> **INSTRUCTIONS TO FOLLOW**
What lines in the data hold the string "unmet"? Show them.

> **PROVIDED INFORMATION**
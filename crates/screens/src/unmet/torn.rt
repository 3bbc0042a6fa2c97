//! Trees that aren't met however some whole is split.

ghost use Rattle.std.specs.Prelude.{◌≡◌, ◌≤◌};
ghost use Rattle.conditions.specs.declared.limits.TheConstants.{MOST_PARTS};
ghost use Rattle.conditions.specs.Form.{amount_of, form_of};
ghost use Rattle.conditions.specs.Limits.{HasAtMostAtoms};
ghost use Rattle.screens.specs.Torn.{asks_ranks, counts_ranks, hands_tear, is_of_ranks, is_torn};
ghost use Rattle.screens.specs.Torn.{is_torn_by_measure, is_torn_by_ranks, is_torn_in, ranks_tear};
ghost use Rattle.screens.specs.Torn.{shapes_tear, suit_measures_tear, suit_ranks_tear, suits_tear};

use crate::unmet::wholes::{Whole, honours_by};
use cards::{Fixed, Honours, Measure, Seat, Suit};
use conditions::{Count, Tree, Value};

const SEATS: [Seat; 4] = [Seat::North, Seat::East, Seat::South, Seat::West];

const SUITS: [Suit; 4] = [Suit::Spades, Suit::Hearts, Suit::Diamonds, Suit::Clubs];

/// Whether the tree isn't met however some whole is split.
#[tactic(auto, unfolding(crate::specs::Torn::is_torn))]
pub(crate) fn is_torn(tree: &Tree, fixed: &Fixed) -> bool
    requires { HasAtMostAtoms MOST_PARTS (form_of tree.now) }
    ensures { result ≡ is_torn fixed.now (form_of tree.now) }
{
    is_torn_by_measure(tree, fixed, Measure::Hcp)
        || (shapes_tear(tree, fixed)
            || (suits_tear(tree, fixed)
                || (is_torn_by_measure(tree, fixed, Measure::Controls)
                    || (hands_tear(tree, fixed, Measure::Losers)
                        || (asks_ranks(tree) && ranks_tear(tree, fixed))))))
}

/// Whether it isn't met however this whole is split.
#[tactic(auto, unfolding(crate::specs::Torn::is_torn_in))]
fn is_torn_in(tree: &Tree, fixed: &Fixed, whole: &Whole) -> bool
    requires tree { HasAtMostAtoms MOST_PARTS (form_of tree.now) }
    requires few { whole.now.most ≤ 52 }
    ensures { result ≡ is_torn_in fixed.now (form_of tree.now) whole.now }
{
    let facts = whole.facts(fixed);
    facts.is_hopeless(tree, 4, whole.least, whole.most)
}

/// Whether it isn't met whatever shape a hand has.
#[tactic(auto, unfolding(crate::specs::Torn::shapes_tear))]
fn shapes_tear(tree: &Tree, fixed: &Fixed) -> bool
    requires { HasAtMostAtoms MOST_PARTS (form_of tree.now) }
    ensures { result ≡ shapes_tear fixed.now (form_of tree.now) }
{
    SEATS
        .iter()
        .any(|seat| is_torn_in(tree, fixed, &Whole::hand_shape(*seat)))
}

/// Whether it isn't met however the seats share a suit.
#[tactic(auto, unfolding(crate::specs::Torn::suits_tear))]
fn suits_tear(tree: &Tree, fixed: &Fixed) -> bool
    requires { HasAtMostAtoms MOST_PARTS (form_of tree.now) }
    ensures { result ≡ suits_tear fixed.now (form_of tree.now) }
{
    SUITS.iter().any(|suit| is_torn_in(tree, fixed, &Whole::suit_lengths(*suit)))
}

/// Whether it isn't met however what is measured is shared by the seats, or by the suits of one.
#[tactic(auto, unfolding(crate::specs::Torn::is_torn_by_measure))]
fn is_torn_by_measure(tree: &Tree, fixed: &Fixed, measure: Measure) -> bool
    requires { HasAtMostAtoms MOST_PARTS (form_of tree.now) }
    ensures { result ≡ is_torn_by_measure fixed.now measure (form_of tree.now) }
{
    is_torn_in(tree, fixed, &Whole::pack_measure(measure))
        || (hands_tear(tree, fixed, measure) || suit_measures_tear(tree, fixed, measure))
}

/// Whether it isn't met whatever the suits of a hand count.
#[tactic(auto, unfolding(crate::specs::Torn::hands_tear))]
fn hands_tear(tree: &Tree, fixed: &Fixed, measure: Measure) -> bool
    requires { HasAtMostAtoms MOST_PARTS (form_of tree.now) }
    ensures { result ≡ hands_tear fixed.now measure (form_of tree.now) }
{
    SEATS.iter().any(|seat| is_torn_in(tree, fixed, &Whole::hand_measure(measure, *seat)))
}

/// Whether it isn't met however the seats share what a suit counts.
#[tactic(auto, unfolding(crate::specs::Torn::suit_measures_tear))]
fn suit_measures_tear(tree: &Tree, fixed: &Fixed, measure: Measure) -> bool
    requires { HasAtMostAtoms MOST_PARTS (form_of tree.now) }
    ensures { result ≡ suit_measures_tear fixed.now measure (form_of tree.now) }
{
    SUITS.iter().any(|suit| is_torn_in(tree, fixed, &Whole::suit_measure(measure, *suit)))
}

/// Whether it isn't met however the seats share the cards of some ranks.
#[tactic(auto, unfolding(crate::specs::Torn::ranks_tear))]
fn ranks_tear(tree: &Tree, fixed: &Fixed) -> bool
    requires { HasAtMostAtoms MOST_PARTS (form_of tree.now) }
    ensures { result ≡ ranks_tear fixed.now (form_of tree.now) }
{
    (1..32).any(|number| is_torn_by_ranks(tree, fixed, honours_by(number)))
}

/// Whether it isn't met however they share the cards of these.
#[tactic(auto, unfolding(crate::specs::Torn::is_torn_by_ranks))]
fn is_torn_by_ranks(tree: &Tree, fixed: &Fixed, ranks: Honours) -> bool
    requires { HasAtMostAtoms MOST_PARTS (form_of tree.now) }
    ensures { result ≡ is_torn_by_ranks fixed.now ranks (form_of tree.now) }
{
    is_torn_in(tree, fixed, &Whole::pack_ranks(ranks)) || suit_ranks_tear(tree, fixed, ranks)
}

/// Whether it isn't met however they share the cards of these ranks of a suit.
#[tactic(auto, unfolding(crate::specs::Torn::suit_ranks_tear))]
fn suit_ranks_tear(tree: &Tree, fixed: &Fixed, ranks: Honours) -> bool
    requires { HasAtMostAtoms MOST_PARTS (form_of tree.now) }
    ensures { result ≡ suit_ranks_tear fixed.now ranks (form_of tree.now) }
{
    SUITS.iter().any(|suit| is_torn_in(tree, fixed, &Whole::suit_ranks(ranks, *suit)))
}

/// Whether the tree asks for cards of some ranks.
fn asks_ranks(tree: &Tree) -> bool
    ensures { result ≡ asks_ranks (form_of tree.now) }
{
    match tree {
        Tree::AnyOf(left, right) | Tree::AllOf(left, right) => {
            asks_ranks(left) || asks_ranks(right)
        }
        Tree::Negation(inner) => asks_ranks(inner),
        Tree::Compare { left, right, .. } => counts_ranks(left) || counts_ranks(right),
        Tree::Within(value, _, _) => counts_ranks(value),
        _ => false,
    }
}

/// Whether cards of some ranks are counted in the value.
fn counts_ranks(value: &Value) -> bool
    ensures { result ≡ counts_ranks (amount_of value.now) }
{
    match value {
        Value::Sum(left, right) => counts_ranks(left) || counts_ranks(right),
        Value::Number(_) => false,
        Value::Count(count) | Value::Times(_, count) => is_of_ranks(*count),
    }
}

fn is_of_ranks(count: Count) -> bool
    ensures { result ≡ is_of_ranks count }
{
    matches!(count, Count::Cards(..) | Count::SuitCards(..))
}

* * *

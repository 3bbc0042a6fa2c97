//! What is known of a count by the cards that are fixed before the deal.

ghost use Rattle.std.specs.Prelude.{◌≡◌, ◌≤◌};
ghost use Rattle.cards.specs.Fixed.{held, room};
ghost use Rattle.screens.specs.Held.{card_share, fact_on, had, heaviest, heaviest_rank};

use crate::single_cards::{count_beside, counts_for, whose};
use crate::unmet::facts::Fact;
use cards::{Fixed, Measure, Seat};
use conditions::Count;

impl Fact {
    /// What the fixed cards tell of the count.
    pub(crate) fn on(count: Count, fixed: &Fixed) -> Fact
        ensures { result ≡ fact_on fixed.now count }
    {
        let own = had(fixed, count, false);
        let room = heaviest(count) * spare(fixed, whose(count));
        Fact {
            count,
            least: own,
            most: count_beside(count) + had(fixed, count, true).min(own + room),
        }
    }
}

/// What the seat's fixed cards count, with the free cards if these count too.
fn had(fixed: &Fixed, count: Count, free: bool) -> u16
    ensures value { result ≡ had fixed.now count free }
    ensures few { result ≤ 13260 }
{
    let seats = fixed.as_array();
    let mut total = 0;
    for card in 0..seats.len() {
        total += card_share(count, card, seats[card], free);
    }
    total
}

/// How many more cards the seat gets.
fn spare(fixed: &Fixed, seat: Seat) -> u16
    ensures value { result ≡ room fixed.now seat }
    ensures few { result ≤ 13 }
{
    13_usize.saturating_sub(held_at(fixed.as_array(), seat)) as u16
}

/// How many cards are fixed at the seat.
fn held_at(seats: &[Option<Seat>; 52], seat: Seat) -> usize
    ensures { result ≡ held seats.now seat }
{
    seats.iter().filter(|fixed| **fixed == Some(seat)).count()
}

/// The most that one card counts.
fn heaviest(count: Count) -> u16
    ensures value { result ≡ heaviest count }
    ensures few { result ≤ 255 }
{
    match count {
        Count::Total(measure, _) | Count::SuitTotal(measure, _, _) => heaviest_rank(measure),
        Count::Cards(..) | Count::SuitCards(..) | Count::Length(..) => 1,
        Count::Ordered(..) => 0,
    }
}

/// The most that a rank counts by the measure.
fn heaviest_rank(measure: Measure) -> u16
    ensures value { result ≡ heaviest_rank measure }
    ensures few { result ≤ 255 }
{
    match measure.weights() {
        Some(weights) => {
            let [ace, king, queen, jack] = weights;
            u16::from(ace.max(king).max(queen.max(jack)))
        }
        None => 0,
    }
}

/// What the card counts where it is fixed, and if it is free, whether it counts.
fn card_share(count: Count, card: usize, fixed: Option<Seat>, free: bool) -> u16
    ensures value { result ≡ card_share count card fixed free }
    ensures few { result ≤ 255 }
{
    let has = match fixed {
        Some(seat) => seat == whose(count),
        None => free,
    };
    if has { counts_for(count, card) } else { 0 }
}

==

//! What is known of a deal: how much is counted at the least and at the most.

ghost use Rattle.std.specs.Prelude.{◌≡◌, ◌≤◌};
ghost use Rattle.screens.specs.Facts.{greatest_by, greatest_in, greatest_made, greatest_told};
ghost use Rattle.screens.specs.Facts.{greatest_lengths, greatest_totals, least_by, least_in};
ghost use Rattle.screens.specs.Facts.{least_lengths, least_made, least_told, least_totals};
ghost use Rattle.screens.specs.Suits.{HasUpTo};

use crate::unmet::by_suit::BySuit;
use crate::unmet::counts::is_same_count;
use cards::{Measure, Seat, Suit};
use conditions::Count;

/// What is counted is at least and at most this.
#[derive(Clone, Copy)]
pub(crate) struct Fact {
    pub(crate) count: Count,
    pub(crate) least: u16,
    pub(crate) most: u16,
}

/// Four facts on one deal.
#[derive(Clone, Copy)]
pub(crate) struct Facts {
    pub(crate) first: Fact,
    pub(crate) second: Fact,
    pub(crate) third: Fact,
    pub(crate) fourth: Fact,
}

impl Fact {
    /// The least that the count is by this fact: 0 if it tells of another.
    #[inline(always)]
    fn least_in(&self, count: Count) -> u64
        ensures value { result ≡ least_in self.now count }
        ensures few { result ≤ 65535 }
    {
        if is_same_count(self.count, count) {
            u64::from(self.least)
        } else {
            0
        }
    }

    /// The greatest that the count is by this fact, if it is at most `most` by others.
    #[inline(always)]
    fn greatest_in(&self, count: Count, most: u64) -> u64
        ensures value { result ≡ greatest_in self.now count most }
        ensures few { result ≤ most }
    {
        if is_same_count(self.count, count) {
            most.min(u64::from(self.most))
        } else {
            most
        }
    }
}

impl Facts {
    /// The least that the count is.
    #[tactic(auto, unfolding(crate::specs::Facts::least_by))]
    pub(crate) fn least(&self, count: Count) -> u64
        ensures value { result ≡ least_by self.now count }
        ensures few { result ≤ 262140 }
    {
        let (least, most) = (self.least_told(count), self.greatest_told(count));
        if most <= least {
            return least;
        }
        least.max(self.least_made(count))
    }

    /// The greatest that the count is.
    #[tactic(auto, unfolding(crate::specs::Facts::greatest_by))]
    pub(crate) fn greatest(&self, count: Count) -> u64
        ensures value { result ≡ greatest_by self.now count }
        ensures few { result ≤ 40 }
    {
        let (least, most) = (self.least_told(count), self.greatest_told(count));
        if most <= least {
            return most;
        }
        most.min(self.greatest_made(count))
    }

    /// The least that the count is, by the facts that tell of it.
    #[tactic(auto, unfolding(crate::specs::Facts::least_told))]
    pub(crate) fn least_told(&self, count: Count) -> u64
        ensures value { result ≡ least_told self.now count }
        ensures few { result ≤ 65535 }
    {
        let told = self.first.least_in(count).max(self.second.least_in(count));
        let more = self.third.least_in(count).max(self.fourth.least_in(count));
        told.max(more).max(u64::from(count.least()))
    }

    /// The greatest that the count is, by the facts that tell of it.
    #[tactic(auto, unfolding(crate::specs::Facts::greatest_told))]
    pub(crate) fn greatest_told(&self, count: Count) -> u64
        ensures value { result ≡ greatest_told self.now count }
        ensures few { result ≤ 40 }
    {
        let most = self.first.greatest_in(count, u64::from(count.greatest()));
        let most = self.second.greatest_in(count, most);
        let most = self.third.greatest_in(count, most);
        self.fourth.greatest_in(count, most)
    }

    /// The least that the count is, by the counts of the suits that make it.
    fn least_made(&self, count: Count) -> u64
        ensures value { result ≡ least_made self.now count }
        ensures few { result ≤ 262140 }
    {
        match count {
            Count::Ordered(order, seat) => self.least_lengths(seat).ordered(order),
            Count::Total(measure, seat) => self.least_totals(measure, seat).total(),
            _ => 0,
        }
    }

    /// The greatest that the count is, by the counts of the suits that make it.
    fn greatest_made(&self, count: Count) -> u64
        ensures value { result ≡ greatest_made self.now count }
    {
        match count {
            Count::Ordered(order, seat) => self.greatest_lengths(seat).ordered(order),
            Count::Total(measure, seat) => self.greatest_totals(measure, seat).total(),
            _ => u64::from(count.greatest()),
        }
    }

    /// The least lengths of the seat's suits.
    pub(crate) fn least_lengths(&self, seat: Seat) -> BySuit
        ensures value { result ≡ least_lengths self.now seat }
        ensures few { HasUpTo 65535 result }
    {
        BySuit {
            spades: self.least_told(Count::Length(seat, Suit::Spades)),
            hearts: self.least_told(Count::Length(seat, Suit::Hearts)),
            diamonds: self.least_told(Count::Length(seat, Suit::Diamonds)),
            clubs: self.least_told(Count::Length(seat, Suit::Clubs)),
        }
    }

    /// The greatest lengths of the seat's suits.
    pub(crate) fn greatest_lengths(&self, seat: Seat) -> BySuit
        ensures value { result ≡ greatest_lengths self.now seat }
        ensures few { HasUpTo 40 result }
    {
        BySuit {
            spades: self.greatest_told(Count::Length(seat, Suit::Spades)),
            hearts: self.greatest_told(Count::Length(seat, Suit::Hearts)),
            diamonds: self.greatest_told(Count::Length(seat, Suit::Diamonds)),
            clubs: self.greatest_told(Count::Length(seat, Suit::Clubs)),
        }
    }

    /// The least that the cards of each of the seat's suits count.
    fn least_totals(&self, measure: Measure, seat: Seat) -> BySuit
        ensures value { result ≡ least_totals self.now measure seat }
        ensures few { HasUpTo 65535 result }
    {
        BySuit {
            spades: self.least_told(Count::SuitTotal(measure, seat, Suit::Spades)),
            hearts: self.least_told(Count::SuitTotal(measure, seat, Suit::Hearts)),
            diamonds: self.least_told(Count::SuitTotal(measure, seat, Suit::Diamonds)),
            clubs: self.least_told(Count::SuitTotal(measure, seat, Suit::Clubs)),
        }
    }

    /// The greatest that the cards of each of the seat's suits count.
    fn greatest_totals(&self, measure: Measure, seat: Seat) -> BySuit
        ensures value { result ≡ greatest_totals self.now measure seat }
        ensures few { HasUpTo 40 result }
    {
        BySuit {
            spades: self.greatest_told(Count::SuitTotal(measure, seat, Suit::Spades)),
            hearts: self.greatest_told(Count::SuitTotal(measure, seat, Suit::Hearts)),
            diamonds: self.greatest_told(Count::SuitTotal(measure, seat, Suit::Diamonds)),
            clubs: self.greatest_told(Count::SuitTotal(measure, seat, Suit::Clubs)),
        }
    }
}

> **OUTPUT FOR THIS TASK**
filename crates/screens/src/unmet/torn.rt
use crate::unmet::wholes::{Whole, honours_by};
use crate::unmet::facts::Fact;
use crate::unmet::by_suit::BySuit;
use crate::unmet::counts::is_same_count;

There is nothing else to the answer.